BEGIN Records supplied

//! Bundles that are filled one after another, in code in bundles and in code in words.
ghost use Rattle.std.specs.Prelude.{◌≡◌, ◌%◌, ◌+◌, ◌*◌, ◌<◌, ◌≤◌, ◌++◌, [], IfOk, replicate};
ghost use Rattle.sfi_formats.specs.Limits.{bundle_size};
ghost use Rattle.sfi_rewrite.specs.Expansion.{size_of, slots_of, c_nop};
ghost use Rattle.sfi_rewrite.specs.private.{largest};
ghost use Rattle.sfi_rewrite.specs.Placement.{AreBundles};

use crate::bundle::Bundle;
use crate::slot::BundleSlot;
use sfi_formats::BUNDLE_BYTES;
use std::alloc::{AllocError, Global};
use std::marker::Model;

/// Bundles, of which the last may have room. Contracts see the slots of all.
#[derive(Drop)]
pub(crate) struct Filling {
    bundles: Vec<Bundle>,
    /// How many bytes all slots take.
    end: usize,
}

impl Model for Filling {
    ghost use Rattle.std.specs.Prelude.{List};
    ghost use Rattle.sfi_rewrite.specs.declared.slot.BundleSlot.{BundleSlot};
    ghost use Rattle.sfi_rewrite.specs.Expansion.{slots_of};
    ghost use Rattle.sfi_rewrite.specs.private.{IsFilled};

    ghost Value = { List BundleSlot };

    ghost view = { λ f. slots_of f.bundles.items };

    ghost invariant = { λ f. IsFilled f.bundles.items f.end };
}

impl Filling {
    /// No bundles.
    pub(crate) fn new(alloc: Global) -> Filling
        ensures { result ≡ [] }
    {
        Filling {
            bundles: Vec::new(alloc),
            end: 0,
        }
    }

    /// How many bytes all slots take.
    pub(crate) fn end(&self) -> usize
        ensures { result ≡ size_of self.now }
    {
        self.end
    }

    /// Adds slots, of `size` bytes in all: to the last bundle, or to a new one where that is full.
    /// The caller has seen to it that they fit there: they cross no bundle's end.
    pub(crate) fn push(&mut self, slots: &[BundleSlot], size: usize) -> Result<(), AllocError>
        requires size { size ≡ size_of slots.now }
        requires some { 0 < size }
        requires fits { size_of self.old % bundle_size + size ≤ bundle_size }
        requires room { size_of self.old + size ≤ largest }
        ensures { IfOk result (λ _. self.new ≡ self.old ++ slots.now) }
    {
        if self.end % BUNDLE_BYTES == 0 {
            self.bundles.push(Bundle::new(slots))?;
            self.end += size;
            return Ok(());
        }
        let last = self.bundles.len() - 1;
        self.bundles[last].push(slots);
        self.end += size;
        Ok(())
    }

    /// Adds `nops` c.nops, of 2 bytes each; they may go on in new bundles.
    pub(crate) fn push_nops(&mut self, nops: usize) -> Result<(), AllocError>
        requires { size_of self.old + 2 * nops ≤ largest }
        ensures { IfOk result (λ _. self.new ≡ self.old ++ replicate nops c_nop) }
    {
        for _ in 0..nops {
            self.push(&[BundleSlot::default()], 2)?;
        }
        Ok(())
    }

    /// The bundles.
    pub(crate) fn into_bundles(self) -> Vec<Bundle>
        ensures code { slots_of result.items ≡ self }
        ensures bundles { AreBundles result.items }
    {
        let Filling { bundles, .. } = self;
        bundles
    }
}
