//! From a source to what is placed: each instruction becomes its expansion, and each expansion
//! stands at the first place in which it may.
//!
//! A load, a store and an indirect jump stand after the masked pair that keeps their address in the
//! sandbox (Wahbe and others, 1993, "Efficient Software-Based Fault Isolation"). In bundles no
//! expansion crosses the end of one, labels are bundle starts, and a call ends its bundle, so that
//! its return address is one too (Yee and others, 2009, "Native Client"). In words labels are words'
//! starts. Names stay names: [`Placed`] has no address yet.
//!
//! An item is an instruction of the source, and its expansion is what the code has in its place: a
//! list of slots, each an instruction or a 16-bit form, whose address is still open where it is
//! that of a name. A place in the code is a number of bytes from the end of the gates' stubs.
#![tactic(auto)]

mod bundle;
mod expansion;
mod fault;
mod filling;
mod item;
mod laid_items;
mod names;
mod parts;
mod place;
mod placed;
mod slot;
mod words;

pub use bundle::Bundle;
pub use fault::RewriteFault;
pub use parts::rewrite;
pub use placed::{Placed, PlacedName, PlacedPart};
pub use sfi_formats::Format;
pub use sfi_source::{Source, SourceGate};
pub use slot::BundleSlot;
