//! What is placed: the sandboxes of a source, with their code in bundles and names for addresses.
ghost use Rattle.std.specs.Prelude.{◌≡◌};
ghost use Rattle.sfi_rewrite.specs.Placed.{format_of, IsPlaced};

use crate::bundle::Bundle;
use sfi_formats::Format;
use sfi_source::SourceGate;
use std::marker::Model;

/// What a name of a sandbox names, once its code is placed.
#[derive(Clone, Copy)]
pub enum PlacedName {
    /// A gate, by its number, counted from 0.
    Gate(usize),
    /// A place in the code, in bytes after the gates' stubs.
    Code(u32),
    /// A place in the data, in bytes after the data base.
    Data(u32),
    /// Nothing: the text never says what it names.
    Unknown,
}

/// A sandbox whose code is placed.
#[derive(Drop)]
pub struct PlacedPart {
    format: Format,
    movable: bool,
    data_size: u32,
    gates: Vec<SourceGate>,
    names: Vec<PlacedName>,
    bytes: Vec<u8>,
    bundles: Vec<Bundle>,
}

impl Model for PlacedPart {
    ghost use Rattle.sfi_rewrite.specs.Placement.{Placement};

    ghost Value = { Placement };

    ghost view = { λ p. record {
      format = p.format;
      movable = p.movable;
      data_size = p.data_size;
      gates = p.gates.items;
      names = p.names.items;
      bytes = p.bytes.items;
      bundles = p.bundles.items;
    } };
}

impl PlacedPart {
    /// The sandbox with these parts.
    pub(crate) fn new(
        format: Format,
        movable: bool,
        data_size: u32,
        gates: Vec<SourceGate>,
        names: Vec<PlacedName>,
        bytes: Vec<u8>,
        bundles: Vec<Bundle>,
    ) -> PlacedPart
        ensures format { result.format ≡ format }
        ensures movable { result.movable ≡ movable }
        ensures data_size { result.data_size ≡ data_size }
        ensures gates { result.gates ≡ gates.items }
        ensures names { result.names ≡ names.items }
        ensures bytes { result.bytes ≡ bytes.items }
        ensures bundles { result.bundles ≡ bundles.items }
    {
        PlacedPart {
            format,
            movable,
            data_size,
            gates,
            names,
            bytes,
            bundles,
        }
    }

    /// The format of its source.
    pub fn format(&self) -> Format
        ensures { result ≡ self.now.format }
    {
        self.format
    }

    /// Whether its source says `.movable`.
    pub fn is_movable(&self) -> bool
        ensures { result ≡ self.now.movable }
    {
        self.movable
    }

    /// How many bytes the data region has, a power of two from `REGION_LEAST` to
    /// `SOURCE_DATA_MOST` of `sfi_formats`.
    pub fn data_size(&self) -> u32
        ensures { result ≡ self.now.data_size }
    {
        self.data_size
    }

    /// The gates, at most `GATES_MOST`, in the order of their stubs.
    pub fn gates(&self) -> &[SourceGate]
        ensures { result.now ≡ self.now.gates }
    {
        &self.gates
    }

    /// What the names name, in the order of the source's names: the `name` of a
    /// [`BundleSlot`](crate::BundleSlot) or of a gate is an index of this list.
    pub fn names(&self) -> &[PlacedName]
        ensures { result.now ≡ self.now.names }
    {
        &self.names
    }

    /// The first bytes of the data region, at most `data_size`.
    pub fn bytes(&self) -> &[u8]
        ensures { result.now ≡ self.now.bytes }
    {
        &self.bytes
    }

    /// The bundles that stand after the gates' stubs, at most as many as a code region of the
    /// format has. Each is full, but for the last, which may have fewer bytes.
    pub fn bundles(&self) -> &[Bundle]
        ensures { result.now ≡ self.now.bundles }
    {
        &self.bundles
    }
}

/// A source whose code is placed: one sandbox at least, all of one format.
/// Contracts see the list of their placements.
#[derive(Drop)]
pub struct Placed {
    parts: Vec<PlacedPart>,
}

impl Model for Placed {
    ghost use Rattle.std.specs.Prelude.{List};
    ghost use Rattle.sfi_rewrite.specs.Placement.{Placement};
    ghost use Rattle.sfi_rewrite.specs.Placed.{IsPlaced};

    ghost Value = { List Placement };

    ghost view = { λ p. p.parts.items };

    ghost invariant = { λ p. IsPlaced p.parts.items };
}

impl Placed {
    /// The sandboxes of a source, all placed.
    pub(crate) fn new(parts: Vec<PlacedPart>) -> Placed
        requires { IsPlaced parts.items }
        ensures { result ≡ parts.items }
    {
        Placed { parts }
    }

    /// The format of the image to be made, which all sandboxes have. There is always one.
    pub fn format(&self) -> Format
        ensures { result ≡ format_of self.now }
    {
        match self.parts.first() {
            Some(part) => part.format(),
            None => Format::Sfi1,
        }
    }

    /// The sandboxes, in the order of the text.
    pub fn parts(&self) -> &[PlacedPart]
        ensures parts { result.now ≡ self.now }
        ensures right { IsPlaced self.now }
    {
        &self.parts
    }
}
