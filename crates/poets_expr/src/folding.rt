//! Closed expressions, folded to literals.
ghost use Rattle.std.specs.Prelude.{◌≡◌, ◌≤◌, IfOk};
ghost use Rattle.poets_expr.specs.Env.{declared_of};
ghost use Rattle.poets_expr.specs.Expression.{expression_of};
ghost use Rattle.poets_expr.specs.Asked.{one_more_if};
ghost use Rattle.poets_expr.specs.Fold as fold;
ghost use Rattle.poets_expr.specs.OfExpr.{is_folded_expr, folded_expr};

use crate::copies::copy;
use crate::env::{Asks, Decls, Env};
use crate::evaluation::eval;
use crate::expr::{Expr, Given};
use crate::replacing::literal;
use poets_value::{Memory, Ty};
use std::alloc::Global;

// Whether every free name is declared.
fn is_closed(decls: &Decls, e: &Expr) -> bool
    ensures { result ≡ fold.is_closed (declared_of decls.now.names) (expression_of e.now) }
{
    match e {
        Expr::Int(_) | Expr::Bool(_) | Expr::Day(_) | Expr::Res(_) | Expr::Undefined(_) => true,
        Expr::Name(name) => decls.names.contains_key(name),
        Expr::Neg(a) | Expr::Not(a) | Expr::Amount(a) | Expr::KindOf(a) => is_closed(decls, a),
        Expr::Make(a, b) | Expr::Op(_, a, b) => is_closed(decls, a) && is_closed(decls, b),
        Expr::If(a, b, c) => is_closed(decls, a) && is_closed(decls, b) && is_closed(decls, c),
    }
}

// Whether it is a literal; a declared name is the literal of its agent or kind.
fn is_literal(decls: &Decls, e: &Expr) -> bool
    ensures { result ≡ fold.is_literal (declared_of decls.now.names) (expression_of e.now) }
{
    match e {
        Expr::Int(_) | Expr::Bool(_) | Expr::Day(_) | Expr::Res(_) | Expr::Undefined(_) => true,
        Expr::Name(name) => decls.names.contains_key(name),
        _ => false,
    }
}

/// The literal of the expression's value where it is closed and no literal yet, and otherwise the expression itself.
///
/// `ty` is the expression's type.
pub fn fold_closed<L>(
    alloc: Global,
    decls: &Decls,
    e: &Expr,
    ty: Ty,
    asks: &mut Asks<L>,
) -> Result<Expr, Memory>
    ensures value { IfOk result (λ r. expression_of r ≡ folded_expr decls.now e.now ty) }
    ensures asks { asks.new ≡ one_more_if (is_folded_expr decls.now e.now) asks.old }
    ensures rises { asks.old ≤ asks.new }
{
    if is_literal(decls, e) || !is_closed(decls, e) {
        return copy(alloc, e);
    }
    let env = Env { decls, pairs: &[] };
    let value = eval(&env, e, asks);
    Ok(literal(&Given { value, ty }))
}
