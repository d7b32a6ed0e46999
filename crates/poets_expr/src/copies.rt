//! Copies of expressions.
ghost use Rattle.std.specs.Prelude.{◌≡◌, IfOk};
ghost use Rattle.poets_expr.specs.Expression.{expression_of};

use crate::expr::Expr;
use crate::replacing::subst;
use poets_value::Memory;
use std::alloc::Global;

/// The same tree.
#[tactic(auto, using(crate::proofs::ValSubst::subst_nil))]
pub fn copy(alloc: Global, e: &Expr) -> Result<Expr, Memory>
    ensures { IfOk result (λ r. expression_of r ≡ expression_of e.now) }
{
    subst(alloc, e, &[])
}
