//! Laws of expressions, each stated by a function that does nothing.
ghost use Rattle.poets_expr.specs.Laws.{UndeclaredPairsKeepDeclared, ReplacedKeepsValue, ReplacedKeepsValueAlone, LiteralHasValue, FoldedKeepsValue, FoldedKeepsValueOfExpr, DeclaredLiteralsGiveDeclared, ClosedNamesAreDeclared, ValueIsWhole, LiteralIsWhole, ReplacedIsWhole, FoldedIsWhole};

/// Where no pair has a declared name, declared names stand for themselves.
pub fn declared_names_kept()
    ensures { UndeclaredPairsKeepDeclared }
{}

/// An expression with its names replaced has the value that it has where these names have these values.
pub fn values_of_replaced()
    ensures under { ReplacedKeepsValue }
    ensures alone { ReplacedKeepsValueAlone }
    ensures literal { LiteralHasValue }
{}

/// A folded expression has the value that it had, unless it was closed and had an undeclared kind as its value.
pub fn values_of_folded()
    ensures expression { FoldedKeepsValue }
    ensures expr { FoldedKeepsValueOfExpr }
    ensures literals { DeclaredLiteralsGiveDeclared }
{}

/// An expression is closed exactly where each of its free names is declared.
pub fn closed_expressions()
    ensures { ClosedNamesAreDeclared }
{}

/// What this crate makes of whole expressions and whole values is whole.
pub fn whole_results()
    ensures value { ValueIsWhole }
    ensures literal { LiteralIsWhole }
    ensures replaced { ReplacedIsWhole }
    ensures folded { FoldedIsWhole }
{}
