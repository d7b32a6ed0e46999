//! The size of expressions.
ghost use Rattle.std.specs.Prelude.{◌≡◌, ◌-◌, ◌^◌, min};
ghost use Rattle.poets_expr.specs.Expression.{expression_of};
ghost use Rattle.poets_expr.specs.Size.{nodes};

use crate::expr::Expr;

/// The number of nodes, or the greatest `u64` where there are more.
pub fn size(e: &Expr) -> u64
    ensures { result ≡ min (nodes (expression_of e.now)) (2 ^ 64 - 1) }
{
    match e {
        Expr::Int(_)
        | Expr::Bool(_)
        | Expr::Day(_)
        | Expr::Res(_)
        | Expr::Undefined(_)
        | Expr::Name(_) => 1,
        Expr::Neg(a) | Expr::Not(a) | Expr::Amount(a) | Expr::KindOf(a) => {
            size(a).saturating_add(1)
        }
        Expr::Make(a, b) | Expr::Op(_, a, b) => size(a).saturating_add(size(b)).saturating_add(1),
        Expr::If(a, b, c) => size(a)
            .saturating_add(size(b))
            .saturating_add(size(c))
            .saturating_add(1),
    }
}
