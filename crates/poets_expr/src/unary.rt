//! The operators of one operand.
ghost use Rattle.std.specs.Prelude.{◌≡◌};
ghost use Rattle.poets_expr.specs.Expression.{Minus, Not, AmountOf, KindOf};
ghost use Rattle.poets_expr.specs.Val.{unary as unary_value};

use poets_value::Value;

pub(crate) fn negation(x: Value) -> Option<Value>
    ensures { result ≡ unary_value Minus (Some x) }
{
    match x {
        Value::Int(n) if n != i64::MIN => Some(Value::Int(-n)),
        _ => None,
    }
}

pub(crate) fn inverse(x: Value) -> Option<Value>
    ensures { result ≡ unary_value Not (Some x) }
{
    match x {
        Value::Bool(b) => Some(Value::Bool(!b)),
        _ => None,
    }
}

pub(crate) fn amount(x: Value) -> Option<Value>
    ensures { result ≡ unary_value AmountOf (Some x) }
{
    match x {
        Value::Resource(r) => Some(Value::Int(r.amount)),
        _ => None,
    }
}

pub(crate) fn kind(x: Value) -> Option<Value>
    ensures { result ≡ unary_value KindOf (Some x) }
{
    match x {
        Value::Resource(r) => Some(Value::Kind(r.kind)),
        _ => None,
    }
}
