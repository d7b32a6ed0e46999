//! Expressions of the contract language: their values, copies with names replaced by literals, and sizes.
//!
//! Contracts speak of plain trees, `Expression` of `specs/Expression.antt`, as `expression_of` reads them.
#![tactic(auto)]

mod arith;
pub mod build;
mod comparing;
mod copies;
mod env;
mod evaluation;
mod expr;
mod folding;
mod free;
mod laws;
mod replacing;
mod sizes;
mod unary;

pub use comparing::same;
pub use copies::copy;
pub use env::{Asks, Decls, Env};
pub use evaluation::eval;
pub use expr::{Expr, Given, Op};
pub use folding::fold_closed;
pub use free::free_names;
pub use laws::{closed_expressions, values_of_folded, values_of_replaced, whole_results};
pub use replacing::{literal, subst};
pub use sizes::size;
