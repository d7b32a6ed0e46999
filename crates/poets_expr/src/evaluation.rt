//! The value of an expression.
ghost use Rattle.std.specs.Prelude.{◌≡◌, ◌≤◌};
ghost use Rattle.poets_expr.specs.Asked.{one_more};
ghost use Rattle.poets_expr.specs.OfExpr.{value_of_expr};

use crate::arith::{binary, make, truth_value};
use crate::env::{Asks, Env};
use crate::expr::{Expr, Op};
use crate::unary;
use poets_value::Value;

/// The value of an expression, or none where it is undefined. It counts as one evaluation.
pub fn eval<L>(env: &Env, e: &Expr, asks: &mut Asks<L>) -> Option<Value>
    ensures value { result ≡ value_of_expr env.now e.now }
    ensures asks { asks.new ≡ one_more asks.old }
    ensures rises { asks.old ≤ asks.new }
{
    asks.one_more();
    value_of(env, e)
}

fn value_of(env: &Env, e: &Expr) -> Option<Value>
    ensures { result ≡ value_of_expr env.now e.now }
{
    match e {
        Expr::Int(n) => Some(Value::Int(*n)),
        Expr::Bool(b) => Some(Value::Bool(*b)),
        Expr::Day(day) => Some(Value::Day(*day)),
        Expr::Res(resource) => Some(Value::Resource(*resource)),
        Expr::Undefined(_) => None,
        Expr::Name(name) => env.value(*name),
        Expr::Neg(a) => unary::negation(value_of(env, a)?),
        Expr::Not(a) => unary::inverse(value_of(env, a)?),
        Expr::Amount(a) => unary::amount(value_of(env, a)?),
        Expr::KindOf(a) => unary::kind(value_of(env, a)?),
        Expr::Make(a, b) => make(value_of(env, a)?, value_of(env, b)?),
        Expr::Op(Op::And, a, b) => match value_of(env, a)? {
            Value::Bool(true) => truth_value(value_of(env, b)?),
            first => truth_value(first),
        },
        Expr::Op(Op::Or, a, b) => match value_of(env, a)? {
            Value::Bool(false) => truth_value(value_of(env, b)?),
            first => truth_value(first),
        },
        Expr::Op(op, a, b) => binary(*op, value_of(env, a)?, value_of(env, b)?),
        Expr::If(a, b, c) => match value_of(env, a)? {
            Value::Bool(true) => value_of(env, b),
            Value::Bool(false) => value_of(env, c),
            _ => None,
        },
    }
}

END Records supplied

- How to complete this task: All lines in the listing above with the string "replacing" should be returned.

- Exercise result:
use crate::replacing::literal;
use crate::replacing::subst;
mod replacing;
pub use replacing::{literal, subst};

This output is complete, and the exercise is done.